Cities and suburbs, real and imaginary.

Sunday, May 27, 2007

i, art-philosoph expounds a little

Think about art off a timeline for a minute. Instead of thinking about art originating in one location and in some order, think about art that never gets better or improves, merely discovers what is already present inside of the mindscape.

Any mention of Impressionism usually revolves around France, and around Paris, and around the late nineteenth century. Also, it usually involves a fellow by the name of Monet, Degas, or Manet. The paintings are clearly gorgeous explorations of the light of the world. Among the European bourgeois classes, sunlight seemed to be working differently than for the rest of us. Gone is the searing heat of Texas, and the distant eye of Siberia, and instead the light seems to splash all over the landscape in tiny photon droplets, luminous and bright.

The thing that's happening in Impressionism is not just the light, though. This is an attempt at a daring realism that didn't exist before this time. Gone are the neo-classical lines, and the paintings as allegories. Instead, Monet attempts to give us these slices of life painted in nature as simple as ships at sea or water-lilies blooming in a pond.

I'll let more qualified individuals go into detail about the masterful brushstrokes used to create these visions of reality. However, I do think we should focus on what's happening in the paintings due to these distinctive brush strokes. The strokes seem to suggest that the light is a glowing cornucopia from the people and landscapes present.

Think about art off a timeline for a minute, though. Instead of thinking about art originating in one location and in some order, think about art that never gets better or improves, merely discovers what is already present inside of the mindscape.
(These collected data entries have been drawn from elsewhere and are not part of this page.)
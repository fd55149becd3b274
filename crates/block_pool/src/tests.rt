use crate::{Class, Pool};

#[test]
fn a_spare_block_is_empty(rt: HostRuntime) {
    let mut pool = Pool::make(rt.alloc());
    pool.reserve(Class::Small, 1).expect(&rt, "memory");
    let spare = pool.take(Class::Small).expect(&rt, "memory");
    assert!(rt; spare.as_slice().is_empty());
}

#[test]
fn a_block_is_made_of_bytes(rt: HostRuntime) {
    let mut pool = Pool::make(rt.alloc());
    let window = pool.make_in(&[1, 2, 3]).expect(&rt, "memory");
    assert_eq!(rt; window.as_slice(), [1, 2, 3].as_slice());
}

#[test]
fn each_length_has_its_class(rt: HostRuntime) {
    assert_eq!(rt; Pool::class_for(48), Some(Class::Small));
    assert_eq!(rt; Pool::class_for(432), Some(Class::Middle));
    assert_eq!(rt; Pool::class_for(1968), Some(Class::Large));
    assert_eq!(rt; Pool::class_for(1969), None);
}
Now, how does this relate to the art off the timeline? Modernism strives to find the beginning of the beginning of the beginning of the beginning of the… You get the idea. In Impressionism, we have an artistic presentation of one potential beginning of all beginnings. In Impressionism, light reflects off of the objects of the world…

Of course, this beginning presupposes the light. So, I guess I must turn instead to Jakob Mattner's brilliant explorations of light and sunlight. I guess I'll call him the father of Impressionism. Okay, he's still alive today, I know, and he's certainly not in any way affiliated with an artistic movement that precedes the world wars, Foucault, Derrida, and modern photography, but Mattner studies the light that inspires the Impressionists.

Wait, Impressionism also presupposes an eye, too, right? Okay, than Newton is the first artist. He's the one that stuck a needle into the lens of his eye and studied what happened. He's the one who played with prisms and a scientific method to discover the composition of light.

Think about art off a timeline for a minute, though. Instead of thinking about art originating in one location and in some order, think about art that never gets better or improves, merely discovers what is already present inside of the mindscape.

Instead of viewing these artistic movements of history as dead and passé, approach them as the discovered landscape on a quest to all beginnings, all ends of all creation.